— Task objective —
Among the entries below, extract exactly the lines that run from the one with "fn with_name(from_valid: u8, is_stop: bool)" through the one with "name.now ≡ names ns)", both ends included.

— Material for this task —
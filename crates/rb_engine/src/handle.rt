ghost use Rattle.std.specs.Prelude.{◌≡◌, ◌≢◌, ◌+◌, ℕ, List, Ok, [], ◌∷◌, ◌++◌};
ghost use Rattle.std.specs.Map.{set_value};
ghost use Rattle.std.specs.Str.{bytes_eq};
ghost use Rattle.rb_packages.specs.Packages.{files_of, OthersStay};
ghost use Rattle.rb_packages.specs.Usage.{apps_of, more_apps};
ghost use Rattle.rb_engine.specs.Change.{Removes};
ghost use Rattle.rb_engine.specs.Place.{place_of as place_at};
ghost use Rattle.rb_engine.specs.Source.{Reads, Handles};
ghost use Rattle.rb_engine.specs.Version.{next_version};
ghost use Rattle.rb_engine.specs.inner.LastChanges.{HasChanged};
ghost use Rattle.rb_engine.specs.declared.request.Payload.{Payload};
ghost use Rattle.rb_engine.specs.declared.request.Request.TheVariants.{Install, Replace, Remove};
ghost use Rattle.rb_engine.specs.declared.request.Request.TheVariants.{List as Lists};

use crate::place::{Place, PlaceFault, place_of};
use crate::request::{NameList, Reply};
use crate::versions::Versions;
use rb_packages::{App, PackFault, Packages};
use rb_validator::Bundle;
use std::alloc::Global;

/// The kind of request that stores a bundle.
#[derive(Clone, Copy, PartialEq, Eq)]
pub enum Change {
    Install,
    Replace,
}

impl From<PackFault> for Reply {
    ghost use Rattle.rb_engine.specs.Source.{not_installed_reply};

    ghost from_gives = { λ e r. r ≡ not_installed_reply e };

    fn from(fault: PackFault) -> Self {
        match fault {
            PackFault::Exists | PackFault::Twice => Reply::Exists,
            PackFault::Full => Reply::Full,
            PackFault::Memory => Reply::Memory,
        }
    }
}

pub(crate) fn install(
    packages: &mut Packages,
    versions: &mut Versions,
    place: &Place,
    bundle: Bundle,
) -> Reply
    ensures step { (app locale : List ℕ) → (payload : Payload)
        → Reads app locale payload (Ok (place.now, bundle))
        → Handles (Install app locale payload) result packages.old packages.new }
    ensures files { result ≡ Reply.Done
        → files_of place.now.app packages.new
        ≡ files_of place.now.app packages.old ++ (place.now.name, bundle) ∷ [] }
    ensures apps { result ≡ Reply.Done
        → apps_of packages.new
        ≡ apps_of packages.old + more_apps (files_of place.now.app packages.old) }
    ensures others { OthersStay place.now.app packages.old packages.new }
    ensures version { result ≡ Reply.Done → versions.new.latest ≡ next_version versions.old.latest }
    ensures change { result ≡ Reply.Done
        → HasChanged packages.old packages.new versions.old versions.new }
    ensures unchanged { result ≢ Reply.Done
        → (packages.new ≡ packages.old) × (versions.new ≡ versions.old) }
{
    match packages.install(&place.app, place.name, bundle) {
        Ok(()) => {
            versions.rise(place.app.as_bytes());
            Reply::Done
        }
        Err((fault, _)) => Reply::from(fault),
    }
}

pub(crate) fn replace(
    packages: &mut Packages,
    versions: &mut Versions,
    place: &Place,
    bundle: Bundle,
) -> Reply
    ensures step { (app locale : List ℕ) → (payload : Payload)
        → Reads app locale payload (Ok (place.now, bundle))
        → Handles (Replace app locale payload) result packages.old packages.new }
    ensures files { result ≡ Reply.Done
        → files_of place.now.app packages.new
        ≡ set_value (bytes_eq place.now.name) (files_of place.now.app packages.old) bundle }
    ensures apps { result ≡ Reply.Done
        → apps_of packages.new
        ≡ apps_of packages.old + more_apps (files_of place.now.app packages.old) }
    ensures others { OthersStay place.now.app packages.old packages.new }
    ensures version { result ≡ Reply.Done → versions.new.latest ≡ next_version versions.old.latest }
    ensures change { result ≡ Reply.Done
        → HasChanged packages.old packages.new versions.old versions.new }
    ensures unchanged { result ≢ Reply.Done
        → (packages.new ≡ packages.old) × (versions.new ≡ versions.old) }
    ensures memory { result ≢ Reply.Memory }
{
    match packages.replace(&place.app, &place.name, bundle) {
        Ok(_) => {
            versions.rise(place.app.as_bytes());
            Reply::Done
        }
        Err(_) => Reply::Absent,
    }
}

pub(crate) fn remove(
    packages: &mut Packages,
    versions: &mut Versions,
    app: &[u8],
    locale: &[u8],
) -> Reply
    ensures step { Handles (Remove app.now locale.now) result packages.old packages.new }
    ensures removed { Removes (place_at app.now locale.now) result packages.old packages.new }
    ensures version { result ≡ Reply.Done → versions.new.latest ≡ next_version versions.old.latest }
    ensures change { result ≡ Reply.Done
        → HasChanged packages.old packages.new versions.old versions.new }
    ensures unchanged { result ≢ Reply.Done
        → (packages.new ≡ packages.old) × (versions.new ≡ versions.old) }
    ensures memory { result ≢ Reply.Memory }
{
    let place = match place_of(app, locale) {
        Ok(place) => place,
        Err(fault) => return Reply::from(fault),
    };
    match packages.remove(&place.app, &place.name) {
        Ok(_) => {
            versions.rise(place.app.as_bytes());
            Reply::Done
        }
        Err(_) => Reply::Absent,
    }
}

pub(crate) fn list(packages: &Packages, alloc: Global, app: &[u8]) -> Reply
    ensures { Handles (Lists app.now) result packages.now packages.now }
{
    let app = match App::read(app) {
        Ok(app) => app,
        Err(fault) => return Reply::from(PlaceFault::from(fault)),
    };
    match packages.list(alloc, &app) {
        Ok(names) => Reply::Names(NameList::from_vec(names)),
        Err(_) => Reply::Memory,
    }
}
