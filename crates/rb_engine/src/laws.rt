ghost use Rattle.std.specs.Prelude.{◌≡◌, ℕ, List};
ghost use Rattle.rb_compiler.specs.Compiled.{IsCompiled};
ghost use Rattle.rb_engine.specs.History.{AsksOne, AnswersOwn, IsIsolated};
ghost use Rattle.rb_engine.specs.Kept.{KeepsTexts, KeepsCommonTexts, KeepsTrees};
ghost use Rattle.rb_engine.specs.OpenLocale.{StaysCounted, StaysOpen};

/// Proves that applications are isolated: each is answered from its own bundles, those of ICUDATA
/// and the explicit parents, whatever the others ask.
pub fn isolated()
    // A call asks one thing, since a payload has at most one tree.
    ensures one { AsksOne }
    // Each answer except out of memory depends on what the caller asked before.
    ensures own { AnswersOwn }
    // Answers depend only on the caller's calls, and on which of them ran out of memory.
    ensures alone { IsIsolated }
{
    rb_parser::laws::one_source();
}

/// Proves that a text that is parsed, written and accepted keeps its tree: the root of the file is
/// that tree, and a lookup over the file is the search over the text's bundle.
pub fn a_text_is_kept_as_its_bundle()
    ensures tree { KeepsTrees }
    ensures lookups { KeepsTexts }
    ensures icudata { KeepsCommonTexts }
{}

/// Proves, by its contract, that a text compiles to at most one file.
pub fn one_compiled()
    ensures { (text file other : List ℕ) → IsCompiled text file → IsCompiled text other
        → file ≡ other }
{}

/// Proves that an open locale stays one as long as its version is current: if each call in between
/// changes nothing or raises the version, nothing has changed.
#[tactic(auto, using(crate::proofs::StayingOpen::stays_open))]
pub fn a_locale_stays_open_until_a_change()
    ensures stops { StaysOpen }
    ensures names { StaysCounted }
{}
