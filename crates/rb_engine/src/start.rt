ghost use Rattle.std.specs.Prelude.{◌≡◌, [], List, ℕ, IfErr, OnOk};
ghost use Rattle.rb_packages.specs.Packages.{icudata_of, list_of};
ghost use Rattle.rb_engine.specs.Start.{Loads, IsRefused};
ghost use Rattle.rb_engine.specs.Source.{Adds};

use crate::payload::{ReadFault, payload_bundle};
use crate::request::Payload;
use rb_locales::Name;
use rb_packages::{PackFault, Packages};
use std::alloc::Global;
use thiserror::Error;

/// The reason why an engine doesn't start, with the index of the first invalid entry of ICUDATA. An
/// entry's payload is checked before its name.
#[derive(Clone, Copy, Debug, PartialEq, Eq, Error)]
pub enum StartFault {
    #[error("the text of entry {0} is not a valid bundle text")]
    BadText(usize),
    #[error("the file of entry {0} is not a valid bundle")]
    BadFile(usize),
    #[error("the name of entry {0} is that of an earlier one")]
    Twice(usize),
    #[error("out of memory")]
    Memory,
}

fn load(
    alloc: Global,
    packages: &mut Packages,
    index: usize,
    name: Name,
    payload: Payload,
) -> Result<(), StartFault>
    ensures entry { Adds index name payload (icudata_of packages.old) result
        (icudata_of packages.new) }
    ensures lists { (app : List ℕ) → list_of app packages.new ≡ list_of app packages.old }
{
    let bundle = match payload_bundle(alloc, payload) {
        Ok(bundle) => bundle,
        Err(ReadFault::BadText(_)) => return Err(StartFault::BadText(index)),
        Err(ReadFault::BadFile(_)) => return Err(StartFault::BadFile(index)),
        Err(ReadFault::Refused(_)) => return Err(StartFault::Memory),
    };
    match packages.load(name, bundle) {
        Ok(()) => Ok(()),
        Err((PackFault::Memory, _)) => Err(StartFault::Memory),
        Err(_) => Err(StartFault::Twice(index)),
    }
}

pub(crate) fn load_all(
    alloc: Global,
    packages: &mut Packages,
    entries: Vec<(Name, Payload)>,
) -> Result<(), StartFault>
    requires { icudata_of packages.old ≡ [] }
    ensures loaded { OnOk result (Loads [] entries.items (icudata_of packages.new)) }
    ensures refused { IfErr result (IsRefused entries.items) }
    ensures lists { (app : List ℕ) → list_of app packages.new ≡ list_of app packages.old }
{
    for (index, (name, payload)) in entries.into_iter().enumerate() {
        load(alloc, packages, index, name, payload)?;
    }
    Ok(())
}
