/// Converts an error to the variant with the same name of another enum.
macro_rules! same_name {
    ($fault:ident: $from:ident => $to:ident { $($variant:ident),* $(,)? }) => {
        match $fault {
            $($from::$variant => $to::$variant,)*
        }
    };
}

pub(crate) use same_name;
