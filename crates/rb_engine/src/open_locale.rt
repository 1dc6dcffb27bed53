//! A locale of an application that is read once and looked up from often.
ghost use Rattle.std.specs.Prelude.{◌≡◌, ◌<◌, ◌≤◌, ◌+◌, ◌∷◌, ◌++◌, ◌||◌, [], ℕ, List, Err, IfErr};
ghost use Rattle.std.specs.Prelude.{IfNone, IfOk, OnErr, OnOk, false, if◌then◌else◌, length, nat_lt};
ghost use Rattle.std.specs.Prelude.{slice_get, true};
ghost use Rattle.rb_tree.specs.Path.{is_path};
ghost use Rattle.rb_parents.specs.Answers.{trail_of};
ghost use Rattle.rb_parents.specs.Family.{parent_of};
ghost use Rattle.rb_parents.specs.Trail.{is_stop, names, trail};
ghost use Rattle.rb_views.specs.Seen.{tree_seen};
ghost use Rattle.rb_packages.specs.Lent.{bundles_lent, files_in};
ghost use Rattle.rb_packages.specs.Packages.{files_of, icudata_of, list_of, shelf_of};
ghost use Rattle.rb_packages.specs.Positions.{files_at_index};
ghost use Rattle.rb_packages.specs.Shelf.{bundle_at};
ghost use Rattle.rb_fallback.specs.FoundNode.{IsNodeOf};
ghost use Rattle.rb_fallback.specs.Limits.{path_limit};
ghost use Rattle.rb_fallback.specs.Stops.{AreStopsOf, CountsTrail};
ghost use Rattle.rb_engine.specs.Answer.{Refuses, lookup_in};
ghost use Rattle.rb_engine.specs.LookResponse.{look_response};
ghost use Rattle.rb_engine.specs.OpenLocale.{names_of, opened_stop, stop_indices};
ghost use Rattle.rb_engine.specs.Steps.{exceeds_from};
ghost use Rattle.rb_engine.specs.Version.{is_current};
ghost use Rattle.rb_engine.specs.inner.KeptLocales.{IsOpenWithin};
ghost use Rattle.rb_engine.specs.inner.Opening.{HasStops};
ghost use Rattle.rb_engine.specs.declared.request.LookFault.TheVariants as Faults;

use crate::item_shelf::ItemShelf;
use crate::place::Place;
use crate::request::{LookFault, TooManySteps};
use crate::same_name::same_name;
use rb_fallback::{BoundedError, Found, Stops, TrailNames, find_from, look_from};
use rb_locales::Name;
use rb_packages::{AppShelf, Packages};
use rb_parents::{Next, Parents, TRAIL_LIMIT, TrailFault, visit};
use rb_views::Item;

/// A locale of an application, opened for lookups: where the application's bundles are, and which
/// of them are the stops of the locale's trail. This is plain data, which a program may store and
/// copy. `Engine::look_at` trusts none of it.
#[repr(C)]
#[derive(Clone, Copy)]
pub struct OpenLocale {
    /// The version of the engine when the locale was opened.
    pub version: u64,
    /// The index of the application.
    pub app: usize,
    /// The number of stops.
    pub count: usize,
    /// The indices of the stops' bundles, followed by zeros.
    pub stops: [usize; TRAIL_LIMIT],
    /// The number of the trail's names, each of which takes steps under a limit.
    pub names: u8,
    /// The number of these names from the first stop on.
    pub from_valid: u8,
}

/// The engine has changed since the locale was opened, so it has to be opened again.
#[derive(Clone, Copy, PartialEq, Eq)]
pub struct Stale;

/// Returns true if nothing has changed since an engine had the version that was read. Of the last
/// version nobody can know.
pub(crate) fn is_current(read: u64, now: u64) -> bool
    ensures { result ≡ is_current read now }
{
    read == now && now < u64::MAX
}

impl OpenLocale {
    fn names(&self) -> TrailNames
        ensures { result ≡ names_of self.now }
    {
        TrailNames {
            all: self.names,
            from_valid: self.from_valid,
        }
    }

    fn stop_index(&self, i: usize) -> Option<usize>
        ensures { result ≡ slice_get (stop_indices self.now) i }
    {
        if i >= self.count {
            return None;
        }
        self.stops.get(i).copied()
    }

    fn add_stop(&mut self, index: usize)
        requires { self.old.count < 32 }
        ensures stops { stop_indices self.new ≡ stop_indices self.old ++ index ∷ [] }
        ensures count { self.new.count ≡ self.old.count + 1 }
        ensures version { self.new.version ≡ self.old.version }
        ensures from_valid { self.new.from_valid ≡ self.old.from_valid }
    {
        self.stops[self.count] = index;
        self.count += 1;
    }

    /// Adds a name of the trail, which counts only if it is a stop.
    fn add_name(&mut self, own: AppShelf<'_>, name: &Name, counts: bool)
        requires { self.old.count < 32 }
        ensures stops { (ns : List (List ℕ)) → counts ≡ is_stop (bundles_lent own.entry) name.now
            → HasStops self.old (files_in own.entry) ns
            → HasStops self.new (files_in own.entry) (ns ++ name.now ∷ []) }
        ensures count { self.new.count ≤ self.old.count + 1 }
        ensures version { self.new.version ≡ self.old.version }
        ensures from_valid { self.new.from_valid ≡ self.old.from_valid }
    {
        if !counts {
            return;
        }
        if let Some(index) = own.index_of(name) {
            self.add_stop(index);
        }
    }
}

/// Returns the number of names from the first stop on, with one name more.
fn with_name(from_valid: u8, is_stop: bool) -> u8
    requires { from_valid < 255 }
    ensures { result ≡ (if nat_lt 0 from_valid || is_stop then from_valid + 1 else 0) }
{
    if from_valid > 0 || is_stop {
        return from_valid + 1;
    }
    0
}

/// Reads the trail of a name, with the indices of its stops. The application isn't set.
fn read_stops(
    own: AppShelf<'_>,
    parents: &Parents,
    name: &Name,
    version: u64,
) -> Result<OpenLocale, TrailFault>
    ensures stops { IfOk result (λ opened. (ns : List (List ℕ))
        × (trail (bundles_lent own.entry) (parent_of parents.now) name.now ≡ names ns)
        × HasStops opened (files_in own.entry) ns) }
    ensures version { IfOk result (λ opened. opened.version ≡ version) }
    ensures names { IfOk result (λ opened. CountsTrail (names_of opened)
        (bundles_lent own.entry) (parent_of parents.now) name.now) }
    ensures fault { IfErr result (λ e. trail (bundles_lent own.entry) (parent_of parents.now)
        name.now ≡ trail_of (Err e)) }
{
    let mut opened = OpenLocale {
        version,
        app: 0,
        count: 0,
        stops: [0; TRAIL_LIMIT],
        names: 0,
        from_valid: 0,
    };
    let mut here = *name;
    for i in 0..TRAIL_LIMIT {
        let (next, stop) = visit(own, parents, &here);
        let is_stop = stop.is_some();
        opened.add_name(own, &here, is_stop);
        opened.from_valid = with_name(opened.from_valid, is_stop);
        match next {
            Next::Name(name) => here = name,
            Next::End => {
                opened.names = i as u8 + 1;
                return Ok(opened);
            }
            Next::Bad => return Err(TrailFault::BadParent),
        }
    }
    Err(TrailFault::Chain)
}

impl From<TrailFault> for LookFault {
    ghost use Rattle.rb_engine.specs.LookFaults.{trail_refusal};

    ghost from_gives = { λ e f. f ≡ trail_refusal e };

    fn from(fault: TrailFault) -> Self {
        same_name!(fault: TrailFault => LookFault { Chain, BadParent })
    }
}

/// Opens a locale of an application over the bundles of this version.
pub(crate) fn open_at(
    packages: &Packages,
    parents: &Parents,
    place: &Place,
    version: u64,
) -> Result<OpenLocale, LookFault>
    ensures files { IfOk result (λ opened. files_at_index packages.now opened.app
        ≡ files_of place.now.app packages.now) }
    ensures stops { IfOk result (λ opened. AreStopsOf
        (opened_stop opened (files_of place.now.app packages.now))
        (bundle_at (list_of place.now.app packages.now)) (parent_of parents.now) place.now.name) }
    ensures version { IfOk result (λ opened. opened.version ≡ version) }
    ensures names { IfOk result (λ opened. CountsTrail (names_of opened)
        (bundle_at (list_of place.now.app packages.now)) (parent_of parents.now) place.now.name) }
    ensures refused { IfErr result (λ e. (path : List ℕ) → is_path path ≡ true
        → length path ≤ path_limit
        → lookup_in (bundle_at (list_of place.now.app packages.now))
        (bundle_at (icudata_of packages.now)) (parent_of parents.now) place.now.name path
        ≡ Refuses e) }
{
    let own = packages.shelf(&place.app);
    let mut opened = match read_stops(own, parents, &place.name, version) {
        Ok(opened) => opened,
        Err(fault) => return Err(LookFault::from(fault)),
    };
    if opened.count == 0 {
        return Err(LookFault::NoBundle);
    }
    match packages.app_index(&place.app) {
        Some(index) => {
            opened.app = index;
            Ok(opened)
        }
        None => Err(LookFault::NoBundle),
    }
}

/// Looks a path up from an opened locale over the bundles of an application and of ICUDATA, in at
/// most `left` steps. `None` is no limit; then the numbers of names may be any.
pub(crate) fn look_over<'a>(
    own: AppShelf<'a>,
    icu: AppShelf<'a>,
    parents: &Parents,
    opened: &OpenLocale,
    path: &[u8],
    left: Option<u64>,
) -> Result<Result<Found<Item<'a>>, LookFault>, TooManySteps>
    ensures few { IfNone left (OnErr result ⊥) }
    ensures within { (name : List ℕ)
        → IsOpenWithin left opened.now (files_in own.entry) (parent_of parents.now) name
        → OnOk result (exceeds_from left (bundles_lent own.entry) (bundles_lent icu.entry)
        (parent_of parents.now) name path.now ≡ false) }
    ensures found { (name : List ℕ)
        → IsOpenWithin left opened.now (files_in own.entry) (parent_of parents.now) name
        → IfOk result (λ found. look_response tree_seen found ≡ lookup_in
        (bundles_lent own.entry) (bundles_lent icu.entry) (parent_of parents.now)
        name path.now) }
    ensures more { (name : List ℕ)
        → IsOpenWithin left opened.now (files_in own.entry) (parent_of parents.now) name
        → OnErr result (exceeds_from left (bundles_lent own.entry) (bundles_lent icu.entry)
        (parent_of parents.now) name path.now ≡ true) }
{
    let stops = OpenStops { own, opened };
    let (own, icu) = (ItemShelf { shelf: own }, ItemShelf { shelf: icu });
    match look_from(stops, opened.names(), own, icu, parents, path, left) {
        Ok(found) => Ok(Ok(found)),
        Err(BoundedError::Search(error)) => Ok(Err(LookFault::from(error))),
        Err(BoundedError::TooManySteps) => Err(TooManySteps),
    }
}

/// Finds the item at a path as `look_over` does, without the names of bundles.
pub(crate) fn find_over<'a>(
    own: AppShelf<'a>,
    icu: AppShelf<'a>,
    parents: &Parents,
    opened: &OpenLocale,
    path: &[u8],
    left: Option<u64>,
) -> Result<Result<Item<'a>, LookFault>, TooManySteps>
    ensures few { IfNone left (OnErr result ⊥) }
    ensures within { (name : List ℕ)
        → IsOpenWithin left opened.now (files_in own.entry) (parent_of parents.now) name
        → OnOk result (exceeds_from left (bundles_lent own.entry) (bundles_lent icu.entry)
        (parent_of parents.now) name path.now ≡ false) }
    ensures found { (name : List ℕ)
        → IsOpenWithin left opened.now (files_in own.entry) (parent_of parents.now) name
        → IfOk result (λ item. IsNodeOf item (λ found. look_response tree_seen found
        ≡ lookup_in (bundles_lent own.entry) (bundles_lent icu.entry) (parent_of parents.now)
        name path.now)) }
    ensures more { (name : List ℕ)
        → IsOpenWithin left opened.now (files_in own.entry) (parent_of parents.now) name
        → OnErr result (exceeds_from left (bundles_lent own.entry) (bundles_lent icu.entry)
        (parent_of parents.now) name path.now ≡ true) }
{
    let stops = OpenStops { own, opened };
    let (own, icu) = (ItemShelf { shelf: own }, ItemShelf { shelf: icu });
    match find_from(stops, opened.names(), own, icu, parents, path, left) {
        Ok(item) => Ok(Ok(item)),
        Err(BoundedError::Search(error)) => Ok(Err(LookFault::from(error))),
        Err(BoundedError::TooManySteps) => Err(TooManySteps),
    }
}

/// Looks a path up from an opened locale, over the bundles that the application at its index has.
pub(crate) fn look_opened<'a>(
    packages: &'a Packages,
    parents: &Parents,
    opened: &OpenLocale,
    path: &[u8],
) -> Result<Found<Item<'a>>, LookFault>
    ensures { (name : List ℕ) → AreStopsOf
        (opened_stop opened.now (files_at_index packages.now opened.now.app))
        (bundle_at (shelf_of (files_at_index packages.now opened.now.app)))
        (parent_of parents.now) name
        → look_response tree_seen result ≡ lookup_in
        (bundle_at (shelf_of (files_at_index packages.now opened.now.app)))
        (bundle_at (icudata_of packages.now)) (parent_of parents.now) name path.now }
{
    let own = packages.shelf_at(opened.app);
    match look_over(own, packages.icu_shelf(), parents, opened, path, None) {
        Ok(found) => found,
        Err(TooManySteps) => unreachable!(),
    }
}

/// The stops of an opened locale over some bundles.
#[derive(Clone, Copy)]
pub(crate) struct OpenStops<'a, 'b> {
    pub(crate) own: AppShelf<'a>,
    pub(crate) opened: &'b OpenLocale,
}

impl<'a, 'b> Stops<'a> for OpenStops<'a, 'b> {
    type N = Item<'a>;

    ghost stop = { λ s i. opened_stop s.opened.now (files_in s.own) i };

    fn root(self, i: usize) -> Option<Item<'a>> {
        let index = self.opened.stop_index(i)?;
        match self.own.root_at(index) {
            Some(root) => Some(root.item()),
            None => None,
        }
    }

    fn name(self, i: usize) -> Option<Name> {
        match self.opened.stop_index(i) {
            Some(index) => self.own.name_at(index),
            None => None,
        }
    }
}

— Response below —
fn with_name(from_valid: u8, is_stop: bool) -> u8
    requires { from_valid < 255 }
    ensures { result ≡ (if nat_lt 0 from_valid || is_stop then from_valid + 1 else 0) }
{
    if from_valid > 0 || is_stop {
        return from_valid + 1;
    }
    0
}

/// Reads the trail of a name, with the indices of its stops. The application isn't set.
fn read_stops(
    own: AppShelf<'_>,
    parents: &Parents,
    name: &Name,
    version: u64,
) -> Result<OpenLocale, TrailFault>
    ensures stops { IfOk result (λ opened. (ns : List (List ℕ))
        × (trail (bundles_lent own.entry) (parent_of parents.now) name.now ≡ names ns)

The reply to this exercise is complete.